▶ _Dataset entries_
——

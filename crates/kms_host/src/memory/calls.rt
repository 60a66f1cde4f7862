// The calls of a host in memory.
ghost use Rattle.std.specs.Prelude.{◌≡◌, ◌≢◌, ◌≤◌, ◌<◌, ◌+◌, ◌^◌, ◌⊎◌, ◌||◌, ℕ, List, length, drop, Option, Some, Err, IfOk, IfSome, OnOk, OnErr, IsTrue, is_err, is_ok, is_none};
ghost use Rattle.kms_host.specs.History.{Tells, WhereTold, Stops, HasFirst, then_call, answer, given, given_by_name, filled};
ghost use Rattle.kms_host.specs.Faults.{HasCause, HasNameCause, NeverFalls};
ghost use Rattle.kms_host.specs.Line.{IsOpen, opened};
ghost use Rattle.kms_host.specs.Store.{IsAttached, OnlyAttached};
ghost use Rattle.kms_host.specs.KeyFiles.{named};
ghost use Rattle.kms_host.specs.Disk.{disk, reads, after_write, after_cut, Left};
ghost use Rattle.kms_host.specs.Memory.{faults_of, fails_next, present_on, moment_at, draws_for, AreDrawn, next_line, after_take, after_give, after_counted, after_came, after_file, after_draw, after_call, AddsTo, next};
ghost use Rattle.kms_host.specs.declared.call.Call.TheVariants as calls;
ghost use Rattle.kms_host.specs.declared.call.FileCall.TheVariants as on;
ghost use Rattle.kms_host.specs.declared.call.Count.TheVariants as counts;
ghost use Rattle.kms_host.specs.declared.call.NameFault.TheVariants as faults;

use crate::memory::counter::count_fault;
use crate::memory::file::fill_from;
use crate::memory::key_files::text_of;
use crate::memory::log::{attached, drew, gave, listened, named, took, unnamed};
use crate::memory::output::send;
use crate::memory::source::pull;
use crate::memory::store::{cut, measure, read, sync, write};
use crate::{Call, Failed, Host, MemoryHost, NameFault, Purpose};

——

▶ _Exercise requirements_
Reproduce every line of the entries above, unchanged, from the very first one down to and including the line containing "host in memory.".

▶ _Solution to this exercise_
filename crates/kms_host/src/memory/calls.rt
repository 60a66f1cde4f7862
// The calls of a host in memory.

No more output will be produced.